At bedtime, she said something about taking care of the boys and I responded, “How about *I* will be the mama and YOU be the five year old?” She smiled and turned away to let me do so. When I put her to bed (she went last as it worked out best in order for me to get each kiddo in with some personal attention), she started talking about checking on her brothers and such. John, my then 16yo, was in the hallway and asked what was wrong with the boys. I was sure he wasn’t asking about developmental delays or health issues, so I was a bit stumped. He says, “well, she says she needs to check on them.” I told him that at her home (and probably, to some extent, previous foster homes) she had to be mama to them. And I detailed some of what I had been told. He got it. How I wish *I* had truly understood what was going to happen regarding all this (let’s just say that she didn’t, later, just smile and let me take over).
Here is a picture from April 17, 2011 (the Memorial for Christ Jesus that year). To give you an idea how tiny they were….The boys were about to turn 3 and 4 years old (within the month). The clothing each is wearing is size 12-24month!
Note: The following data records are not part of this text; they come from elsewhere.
//! A runner: the memory in which the machine runs, and the number of its runs.

ghost use Rattle.std.specs.Prelude.{◌≡◌, ◌≤◌, ◌+◌, ◌*◌, ◌^◌, ◌<◌, IfErr, false};
ghost use Rattle.sre_machine.specs.Terms.{Tree, WholeItems, no_marks, ReadsBehind, bare, start_of, end_of, run_of};
ghost use Rattle.sre_machine.specs.Terms.{Standing};
ghost use Rattle.sre_machine.specs.Spending.{Halted, is_limited, RunDecides, Spends, RunCosts, AnewCosts, found_of};
ghost use Rattle.sre_machine.specs.Spending.{told_of};
ghost use Rattle.sre_machine.specs.Memos.{Recalls, Begins, RecallsOf};
ghost use Rattle.sre_machine.specs.Runners.{IsReady, MayRun, Began, AttemptDecides, ClearsUnfound, AttemptCosts};

use crate::allowance::Allowance;
use crate::memo::Memo;
use crate::turns::{Begun, Ending, Halt, turns_from};
use sre_board::{Board, Marks};
use sre_chars::string::{StrDrive, StringCursor};
use sre_code::operands::know_words;
use sre_request::Request;
use std::alloc::Allocator;
use std::marker::{Brand, Model};
use std::sync::ledger::Blank;

/// The backtrack stack of the machine, the memo of its failures, and how many runs began.
#[derive(Drop)]
pub struct Runner<A: Allocator> {
    board: Board<A>,
    memo: Memo<A>,
    begun: Begun,
}

impl<A: Allocator> Model for Runner<A> {
    ghost use Rattle.std.specs.Prelude.{◌≡◌, false};
    ghost use Rattle.sre_machine.specs.Runners.{RunnerValue};

    ghost Value = { RunnerValue };

    ghost view = { λ r. record {
      board = r.board;
      memo = r.memo;
      started = r.begun.started;
      restarted = r.begun.restarted;
    } };

    // No allocation error of an earlier run is left.
    ghost invariant = { λ r. r.memo.stopped ≡ false };
}

impl<A: Allocator + Copy> Runner<A> {
    /// A runner without captures and runs. It allocates nothing.
    pub fn new(alloc: A) -> Runner<A>
        ensures board { result.board ≡ bare no_marks }
        ensures started { result.started ≡ 0 }
        ensures restarted { result.restarted ≡ 0 }
    {
        Runner {
            board: Board::new(alloc),
            memo: Memo::new(alloc),
            begun: Begun::none(),
        }
    }

    /// The allocator of its memory.
    pub fn allocator(&self) -> A {
        self.board.allocator()
    }

    /// Drops the captures, and the memory too if there is much of it or failures are memoized in it.
    pub fn renew(&mut self)
        ensures board { self.new.board ≡ bare no_marks }
    {
        if self.memo.is_used() || self.board.is_large() {
            *self = Runner::new(self.allocator());
        } else {
            self.board.clear();
        }
    }
}

impl<A: Allocator> Runner<A> {
    /// The captures of the last match path that was found. There are none if the last attempt found none.
    pub fn marks(&self) -> &Marks<A>
        ensures { result.now ≡ self.now.board.marks }
    {
        self.board.marks()
    }

    /// How many runs began.
    pub fn begun(&self) -> Begun
        ensures started { result.started ≡ self.now.started }
        ensures restarted { result.restarted ≡ self.now.restarted }
    {
        self.begun
    }

    /// Replaces the number of runs that began.
    #[inline(always)]
    pub fn count(&mut self, begun: Begun)
        ensures { self.new ≡ record self.old { started = begun.started; restarted = begun.restarted } }
    {
        self.begun = begun;
    }

    /// Drops the captures, and keeps the memory.
    pub fn clear(&mut self)
        ensures { self.new ≡ record self.old { board = bare no_marks } }
    {
        self.board.clear();
    }

    /// Begins a search: without captures and failures, and with no run counted.
    #[inline(always)]
    pub fn begin<S: StrDrive>(&mut self, req: &Request<'_, S>, limited: bool)
        ensures ready { IsReady req.now self.new }
        ensures begins { Begins (start_of req.now) (end_of req.now) self.new.memo }
        ensures started { self.new.started ≡ 0 }
        ensures restarted { self.new.restarted ≡ 0 }
    {
        self.board.clear();
        self.memo.begin(req, &mut self.board, limited);
        self.begun = Begun::none();
    }

    /// Attempts a match of what follows some literals, from a cursor. Returns the cursor at the end of the first
    /// accepted path, whose captures the runner then has, or `None` if there is none. It charges its steps to the
    /// limit, and ends if none is left. Failures stay memoized for later attempts of the search.
    ///
    /// No other function begins runs of the machine, and this one counts those that it begins.
    #[inline(always)]
    pub fn attempt<S: StrDrive>(
        &mut self,
        req: &Request<'_, S>,
        literals: usize,
        start: StringCursor,
        allowed: &mut Allowance,
    ) -> Result<Option<StringCursor>, Halt<A>>
        requires stands { Standing req.now start }
        requires inside { start.position ≤ end_of req.now }
        requires behind { (t : Tree) → WholeItems (run_of req.now).words t
            → ReadsBehind (run_of req.now).words literals t }
        requires few { 2 * literals < 2 ^ 64 }
        requires ready { IsReady req.now self.old }
        ensures began { Began (is_limited allowed.old) self.old self.new }
        ensures remembers { Recalls (run_of req.now) self.new.memo }
        ensures decides { AttemptDecides req.now literals start.position result self.new.board }
        ensures clears { ClearsUnfound result self.new.board }
        ensures costs { AttemptCosts req.now literals start result self.old self.new allowed.old allowed.new }
        ensures halted { IfErr result (Halted allowed.new) }
    {
        let mut ended = start;
        match self.run_from(req, literals, start, allowed, &mut ended) {
            Ok(true) => Ok(Some(ended)),
            Ok(false) => {
                self.board.clear();
                Ok(None)
            }
            Err(halt) => {
                self.board.clear();
                Err(halt)
            }
        }
    }

    // If the memo opens during a run, the run continues with its saved choices, or restarts if steps are limited. All
    // steps count, those before a restart too. The result says whether there is an accepted path, and its end is
    // written apart: most starts fail, and then nothing else is returned.
    #[inline(always)]
    fn run_from<S: StrDrive>(
        &mut self,
        req: &Request<'_, S>,
        literals: usize,
        start: StringCursor,
        allowed: &mut Allowance,
        ended: &mut StringCursor,
    ) -> Result<bool, Halt<A>>
        requires may { MayRun req.now literals start }
        requires ready { IsReady req.now self.old }
        ensures began { Began (is_limited allowed.old) self.old self.new }
        ensures remembers { RecallsOf req.now self.new.memo }
        ensures decides { AttemptDecides req.now literals start.position (found_of result ended.new) self.new.board }
        ensures costs { AttemptCosts req.now literals start (found_of result ended.new) self.old self.new
            allowed.old allowed.new }
        ensures halted { IfErr result (Halted allowed.new) }
    {
        self.begun.started += 1;
        match self.run_once(req, literals, start, allowed, ended)? {
            Ending::Found => Ok(true),
            Ending::Failed => Ok(false),
            Ending::Opened => self.run_anew(req, literals, start, allowed, ended),
        }
    }

    // A run that restarts on an empty stack with its memo open, and is counted. It is out of line, since few runs
    // restart.
    #[inline(never)]
    fn run_anew<S: StrDrive>(
        &mut self,
        req: &Request<'_, S>,
        literals: usize,
        start: StringCursor,
        allowed: &mut Allowance,
        ended: &mut StringCursor,
    ) -> Result<bool, Halt<A>>
        requires may { MayRun req.now literals start }
        requires room { self.old.restarted + 1 < 2 ^ 64 }
        requires remembers { RecallsOf req.now self.old.memo }
        ensures started { self.new.started ≡ self.old.started }
        ensures restarted { self.new.restarted ≡ self.old.restarted + 1 }
        ensures remembers { RecallsOf req.now self.new.memo }
        ensures decides { AttemptDecides req.now literals start.position (found_of result ended.new) self.new.board }
        ensures spends { Spends result allowed.old allowed.new }
        ensures costs { AnewCosts req.now literals start self.new.memo (found_of result ended.new)
            allowed.old allowed.new }
    {
        self.board.clear();
        self.memo.open(req);
        self.begun.restarted += 1;
        match self.run_once(req, literals, start, allowed, ended)? {
            Ending::Found => Ok(true),
            Ending::Failed => Ok(false),
            Ending::Opened => unreachable!(),
        }
    }

    // A run on an empty stack, until it is decided or must restart with its memo open.
    #[inline(always)]
    fn run_once<S: StrDrive>(
        &mut self,
        req: &Request<'_, S>,
        literals: usize,
        start: StringCursor,
        allowed: &mut Allowance,
        ended: &mut StringCursor,
    ) -> Result<Ending, Halt<A>>
        requires may { MayRun req.now literals start }
        requires fresh { self.old.board ≡ bare no_marks }
        requires remembers { RecallsOf req.now self.old.memo }
        ensures same { self.new ≡ record self.old { board = self.new.board; memo = self.new.memo } }
        ensures remembers { RecallsOf req.now self.new.memo }
        ensures decides { RunDecides req.now literals start.position (told_of result ended.new) self.new.board
            self.old.memo allowed.old }
        ensures spends { Spends result allowed.old allowed.new }
        ensures costs { RunCosts req.now literals start self.old.memo self.new.memo (told_of result ended.new)
            allowed.old allowed.new }
    {
        know_words(req.pattern_codes().items());
        let (board, memo) = (&mut self.board, &mut self.memo);
        let blank = Blank::new(1);
        let told = turns_from::<Brand, Brand, S, A>(
            req, board, memo, literals, start, blank, allowed, ended,
        );
        self.memo.rest();
        told
    }
}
Today, in 2013, we did family day. It just worked out that it was on the 2yr anniversary of their arrival. It wasn’t really planned that way. It was a very nice day with presents and a beautiful fruit tart. At various times, we talked about how much they’ve changed and stayed the same. We talked about how neat it was for them to be here. And that two years is a big deal. We talked about forever family and when they could/might leave (grown, married, have kids of their own). One said he was staying. The other said he was leaving as soon as he was grown. Tumbler thinks married is a good time As I learned with my first two, plans change. We’ll just hope for the best regardless.
Tonight we put the kids down for bed. Two years. Wow.